Thursday, February 4, 2016

Marianne Faithfull: 'The music industry has changed, women have basically taken over'

Written by Oscar Quine — The 69-year-old English singer, now living in Paris, on David Bowie, Adele, and the darkness after the terror attacks on the French capital.

Q: What music do you listen to?

A: I listen to classical music, jazz and the blues, and the few people I really like - Nick Cave and Damon Albarn, say.

Q: We've just had the news about David Bowie. Do you have any personal memories of him that stand out?

A: We did that thing together called The 1980 Floor Show. Dave and I did I Got You Babe. I was wearing a nun's costume and he was wearing whatever he was wearing at the time. I liked Dave; he was a friend. I'd known him practically since he was a baby. He was at the bottom of the bill on a tour I did back when he was still David Jones. The Hollies were top, I was in the middle: the token chick. Now, the Hollies, they were a proper band.

Q: What do you think of today's female pop stars?

A: Well, I don't know who they are.

Q: How about Adele?

A: Not my thing. I respect her, I think she's great in a way. She's got a very beautiful voice for sure. And she's no fool.

Q: Do you think things are better for women in the music industry now compared to back when you started?

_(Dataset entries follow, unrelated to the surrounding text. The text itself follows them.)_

impl Run {
    /// Does so many units, unless the program ends before.
    // By itself: within its one caller, where there is one, it would be compiled to a tenth more instructions.
    #[inline(never)]
    pub(crate) fn advance<S: ImageStore, M: MainStorage>(
        &mut self,
        units: u32,
        storage: &mut M,
        drive: &mut Drive<S>,
    ) -> LongAdvance
        requires { Fits self.old drive.old }
        ensures advances { RunsOn self.old.key (phase_in (run_of self.old) (M.holds storage.old) drive.old) units result
            (run_of self.new) (M.holds storage.new) drive.old drive.new }
        ensures most { result.done ≤ units }
        ensures within { goes_on result ≡ true → Within (run_of self.new) }
        ensures storage { KeepsStorage (M.holds storage.old) (M.holds storage.new) }
        ensures place { M.place storage.new ≡ M.place storage.old }
        ensures calls { CallsAtMost (2 * result.done) drive.old drive.new }
        ensures tells { TellsOf result.ending drive.old drive.new }
        ensures quiet { NeedNoStore self.old.key (phase_in (run_of self.old) (M.holds storage.old) drive.old) result.done
            → drive.new.image ≡ drive.old.image }
    {
        let mut left = units;
        while left > 0 {
            match self.step(left, storage, drive) {
                Step::Units(n) => left -= n,
                Step::Over(n) => {
                    return LongAdvance {
                        done: units - left + n,
                        ending: Some(told(self)),
                    };
                }
            }
        }
        LongAdvance {
            done: units - left,
            ending: None,
        }
    }

    /// Cuts the program: the open command is closed by the bytes that have passed, where any have.
    pub(crate) fn cut<S: ImageStore>(&mut self, drive: &mut Drive<S>) -> (Csw, bool)
        requires { Fits self.old drive.old }
        ensures cut { (s : StorageState) → EndsBy (λ f. EndsIn s
            ((standing_in self.old.key (phase_in (run_of self.old) s drive.old)).cut f)) result s drive.old drive.new }
        ensures calls { (s : StorageState) → CallsStore false (has_written (phase_in (run_of self.old) s drive.old))
            drive.old drive.new }
        ensures lost { (drive.new.image.failures ≡ drive.old.image.failures)
            ⊎ (is_some (unsaved drive.new.state) ≡ true) }
    {
        if !has_moved(drive) {
            end_program(self, DriveEnding::ENDED, ChannelCondition::Clear, drive);
            return told(self);
        }
        let ending = drive.end();
        end_program(self, ending, ChannelCondition::Clear, drive);
        told(self)
    }

    /// Does one unit, or more where bytes move together, and at most as many as are asked for.
    pub(crate) fn step<S: ImageStore, M: MainStorage>(
        &mut self,
        most: u32,
        storage: &mut M,
        drive: &mut Drive<S>,
    ) -> Step
        requires some { 0 < most }
        requires fits { Fits self.old drive.old }
        ensures step { IsStep self.old (M.holds storage.old) drive.old most result self.new (M.holds storage.new) drive.new }
        ensures place { M.place storage.new ≡ M.place storage.old }
        ensures calls { CallsAtMost 2 drive.old drive.new }
    {
        match self.comes {
            Comes::NextCommand => return self.next(most, storage, drive),
            Comes::Look => {
                if let Some(step) = self.look(most, storage, drive) {
                    return step;
                }
            }
            Comes::Bytes => {}
        }
        self.transfer(most, storage, drive)
    }

    // Whole rounds of a search that fails, if the next word is one that a transfer in channel leads back to; else the fetch of that word.
    #[inline(always)]
    fn next<S: ImageStore, M: MainStorage>(
        &mut self,
        most: u32,
        storage: &M,
        drive: &mut Drive<S>,
    ) -> Step
        requires some { 0 < most }
        requires fits { Fits self.old drive.old }
        requires stage { self.old.comes ≡ Comes.NextCommand }
        ensures step { IsStep self.old (M.holds storage.now) drive.old most result self.new (M.holds storage.now) drive.new }
        ensures calls { CallsAtMost 2 drive.old drive.new }
    {
        let n = self.pass_rounds(most, storage, drive);
        if n > 0 {
            return Step::Units(n);
        }
        self.next_command(storage, drive)
    }

    // The fetch of a word that begins a command.
    fn next_command<S: ImageStore, M: MainStorage>(
        &mut self,
        storage: &M,
        drive: &mut Drive<S>,
    ) -> Step
        requires fits { Fits self.old drive.old }
        requires idle { is_idle drive.old.work ≡ true }
        requires stage { self.old.comes ≡ Comes.NextCommand }
        ensures comes { ComesBy self.old.key (λ f. unit f self.old.key
            (Between (point_at (M.holds storage.now) self.old drive.old))) result self.new (M.holds storage.now) drive.old drive.new }
        ensures calls { CallsAtMost 2 drive.old drive.new }
        ensures quiet { IsQuiet drive.old → drive.new.image ≡ drive.old.image }
    {
        let ccw = match self.place.fetch(storage, true) {
            Fetched::NoCcw => {
                self.place.miss();
                end_program(
                    self,
                    DriveEnding::ENDED,
                    ChannelCondition::ProgramCheck,
                    drive,
                );
                return Step::Over(1);
            }
            Fetched::TransferTo(address) => {
                self.place.transfer(address);
                return Step::Units(1);
            }
            Fetched::GoodCcw(ccw) => ccw,
        };
        self.place.go_by(ccw);
        // kept before it is known to work, while its parts are at hand
        self.keep(ccw);
        match drive.begin(ccw.code) {
            Begun::Rejected => {
                end_program(self, DriveEnding::FAILED, ChannelCondition::Clear, drive);
                Step::Over(1)
            }
            Begun::Immediate => self.conclude(ccw, false, drive),
            Begun::Started => {
                self.comes = Comes::Look;
                Step::Units(1)
            }
        }
    }

    // The end of a command, and the choice of the next; whether its length is incorrect is known.
    #[inline(always)]
    fn conclude<S: ImageStore>(&mut self, ccw: Ccw, incorrect: bool, drive: &mut Drive<S>) -> Step
        requires key { self.old.key < 16 }
        requires next { self.old.place.next ≤ 2 ^ 24 }
        requires last { self.old.place.last ≤ 2 ^ 24 + 8 }
        requires may { may_end drive.old.work ≡ true }
        requires saved { unsaved drive.old.state ≡ None }
        ensures comes { (s : StorageState) → ComesBy self.old.key
            (λ f. next_chosen (choice f self.old.key (request_at s ccw self.old) (closed_of f drive.old drive.old.work)
            (status_of (condition_for incorrect (closed_of f drive.old drive.old.work).unit)))) result self.new s
            drive.old drive.new }
        ensures loads { drive.new.image.loads ≡ drive.old.image.loads }
        ensures calls { CallsAtMost 1 drive.old drive.new }
        ensures unwritten { is_written drive.old.state ≡ false
            → is_written (closed_of None drive.old drive.old.work).state ≡ false → drive.new.image ≡ drive.old.image }
    {
        let ending = drive.end();
        let condition = ChannelCondition::of_length(incorrect, ending.unit);
        if !chains(ccw, ending.unit, condition) {
            end_program(self, ending, condition, drive);
            return Step::Over(1);
        }
        self.place.modify(ending.unit);
        self.comes = Comes::NextCommand;
        Step::Units(1)
    }

    // A check closes the command by the bytes that passed, and ends the program. Out of the way of the units that go on.
    #[inline(never)]
    fn stop<S: ImageStore>(&mut self, condition: ChannelCondition, drive: &mut Drive<S>) -> Step
        requires may { may_end drive.old.work ≡ true }
        requires saved { unsaved drive.old.state ≡ None }
        ensures comes { (s : StorageState) → ComesBy self.old.key
            (λ f. EndsIn s (ending f self.old.key (run_of self.old).place (closed_of f drive.old drive.old.work)
            (status_of condition))) result self.new s drive.old drive.new }
        ensures loads { drive.new.image.loads ≡ drive.old.image.loads }
        ensures calls { CallsAtMost 1 drive.old drive.new }
        ensures quiet { IsQuiet drive.old → drive.new.image ≡ drive.old.image }
    {
        let ending = drive.end();
        end_program(self, ending, condition, drive);
        Step::Over(1)
    }

    // A look for the area of a command, and the step that it comes to; none where the area is found and its bytes come next.
    fn look<S: ImageStore, M: MainStorage>(
        &mut self,
        most: u32,
        storage: &mut M,
        drive: &mut Drive<S>,
    ) -> Option<Step>
        requires some { 0 < most }
        requires fits { Fits self.old drive.old }
        requires stage { self.old.comes ≡ Comes.Look }
        ensures step { IfSome result (λ a. IsStep self.old (M.holds storage.old) drive.old most a self.new (M.holds storage.new) drive.new) }
        ensures found { IfNone result (FindsArea self.old (M.holds storage.old) drive.old self.new (M.holds storage.new) drive.new) }
        ensures place { M.place storage.new ≡ M.place storage.old }
        ensures calls { CallsAtMost 2 drive.old drive.new }
    {
        if let Some(step) = self.pass_whole(most, storage, drive) {
            return Some(step);
        }
        match drive.look() {
            Look::Failed => {
                end_program(self, DriveEnding::FAILED, ChannelCondition::Clear, drive);
                Some(Step::Over(1))
            }
            Look::Passed => Some(Step::Units(1)),
            Look::Ready(left) => {
                let count = self.place.residual;
                if left == usize::from(count)
                    && most > u32::from(count)
                    && !self.ccw.chains_data()
                {
                    return Some(self.complete(storage, drive));
                }
                self.comes = Comes::Bytes;
                self.address = self.ccw.address;
                None
            }
        }
    }

    // All bytes of a command whose area was just found, and its end, of which nothing half done is kept where all of them pass.
    #[inline(always)]
    fn complete<S: ImageStore, M: MainStorage>(
        &mut self,
        storage: &mut M,
        drive: &mut Drive<S>,
    ) -> Step
        requires fits { Fits (in_bytes self.old) drive.old }
        requires some { 0 < self.old.place.residual }
        requires left { left_of drive.old.work ≡ self.old.place.residual }
        requires first { passed_of drive.old.work ≡ [] }
        requires unchained { chains_data self.old.ccw ≡ false }
        ensures steps { (most : ℕ) → self.old.place.residual < most
            → Steps self.old.key (phase_in (run_of (in_bytes self.old)) (M.holds storage.old) drive.old) most result self.new
            (M.holds storage.new) drive.old drive.new }
        ensures storage { KeepsStorage (M.holds storage.old) (M.holds storage.new) }
        ensures place { M.place storage.new ≡ M.place storage.old }
        ensures loads { drive.new.image.loads ≡ drive.old.image.loads }
        ensures calls { CallsAtMost 1 drive.old drive.new }
        ensures quiet { NeedNoStore self.old.key (phase_in (run_of (in_bytes self.old)) (M.holds storage.old) drive.old)
            (count_of result) → drive.new.image ≡ drive.old.image }
    {
        let gives = gives(drive);
        let (key, ccw, count) = (self.key, self.ccw, self.place.residual);
        let address = ccw.address;
        let segment = StorageArea {
            key,
            ccw,
            address,
            count,
        };
        match move_bytes(gives, &segment, storage, drive) {
            Ok(m) if is_all(m, count, gives) => {
                self.place.residual = 0;
                behind(count, self.conclude(ccw, false, drive))
            }
            Ok(m) => {
                self.comes = Comes::Bytes;
                self.place.residual -= m;
                self.address = address + u32::from(m);
                Step::Units(u32::from(m))
            }
            Err(condition) => self.stop(condition, drive),
        }
    }

    // Bytes of a command whose area is found: as many as may pass; or the next word has a further area; or the command ends.
    #[inline(always)]
    fn transfer<S: ImageStore, M: MainStorage>(
        &mut self,
        most: u32,
        storage: &mut M,
        drive: &mut Drive<S>,
    ) -> Step
        requires some { 0 < most }
        requires fits { Fits self.old drive.old }
        requires stage { self.old.comes ≡ Comes.Bytes }
        ensures step { IsStep self.old (M.holds storage.old) drive.old most result self.new (M.holds storage.new) drive.new }
        ensures place { M.place storage.new ≡ M.place storage.old }
        ensures loads { drive.new.image.loads ≡ drive.old.image.loads }
        ensures calls { CallsAtMost 1 drive.old drive.new }
    {
        let residual = self.place.residual;
        if residual == 0 && self.ccw.chains_data() {
            return self.next_area(storage, drive);
        }
        let flow = flow_of(drive);
        if residual == 0 || flow.left == 0 {
            let incorrect = is_incorrect(self.ccw, residual, flow.left);
            return self.conclude(self.ccw, incorrect, drive);
        }
        let segment = StorageArea {
            key: self.key,
            ccw: self.ccw,
            address: self.address,
            count: least(most, residual, flow.left),
        };
        match move_bytes(flow.gives, &segment, storage, drive) {
            Ok(m) => {
                self.place.residual -= m;
                self.address += u32::from(m);
                Step::Units(u32::from(m))
            }
            Err(condition) => self.stop(condition, drive),
        }
    }

    // The fetch of a word that has a further area of the command that works.
    #[inline(always)]
    fn next_area<S: ImageStore, M: MainStorage>(
        &mut self,
        storage: &M,
        drive: &mut Drive<S>,
    ) -> Step
        requires fits { Fits self.old drive.old }
        requires stage { self.old.comes ≡ Comes.Bytes }
        requires needs { needs_area (run_of self.old) ≡ true }
        ensures comes { ComesBy self.old.key (λ f. unit f self.old.key
            (phase_in (run_of self.old) (M.holds storage.now) drive.old)) result self.new (M.holds storage.now) drive.old drive.new }
        ensures loads { drive.new.image.loads ≡ drive.old.image.loads }
        ensures calls { CallsAtMost 1 drive.old drive.new }
        ensures quiet { IsQuiet drive.old → drive.new.image ≡ drive.old.image }
    {
        match self.place.fetch(storage, false) {
            Fetched::NoCcw => {
                self.place.miss();
                self.stop(ChannelCondition::ProgramCheck, drive)
            }
            Fetched::TransferTo(address) => {
                self.place.transfer(address);
                Step::Units(1)
            }
            Fetched::GoodCcw(ccw) => {
                self.place.go_by(ccw);
                self.keep(ccw);
                self.address = ccw.address;
                Step::Units(1)
            }
        }
    }
}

A: Women are much more important in the industry now. When I started, we were just decorative. Apart from Dusty. But most weren't that interesting and they could've been. Lulu had an amazing bluesy voice but she wasn't allowed to use it. Women have basically taken over the industry. Amy Winehouse is a great example, I adored her. I met her at some do in London. I was longing to say "straighten up." But unless somebody wants to change, there's nothing you can do.

Q: Do you think there's a problem with artists being chewed up and spat out?

A: I think the worst example is Kurt Cobain. He was worked much too hard. He was obviously very fragile. He was pretty much worked to death. Not everybody wants that life.

Q: You've had your problems with drugs. Does the music industry have a moral duty to provide artists more support?

A: The words music industry and moral don't go together. Some people are lucky and have great management. I'm luckily one of them. Mind you, I don't make much money. I make beautiful records and put on great shows. But they don't drive me like a workhorse. I work when I want to.

Q: You lived in London for years. Why did you move to Paris?

A: There are many things about the UK that disgust me. The class system for one. It's like going back to Dickensian times.

Q: Do you find Paris more egalitarian?

A: In its own way it's just as bad. I have a lot of wonderful friends here, which is one reason I stay. But then I have a lot of wonderful friends everywhere.

Q: Do you think November's terror attack will permanently scar the city?

A: There's still a darkness here, definitely. It was dreadful, especially at the Bataclan, where I've played. They were attacking the things they really hate - music, kids flirting, drinking in cafes.

Q: Knowing what you know now, what one piece of advice …

A: People don't want advice and don't take it. Don't take drugs and drink, I suppose.

Q: I was going to say, what advice would you give to yourself at 17?

A: Well it was a difficult time to be so pretty, so I'd say be careful not to attract the wrong men. I can't think of anything else. I've had a great life. I've had my ups and downs, but it's been wonderful.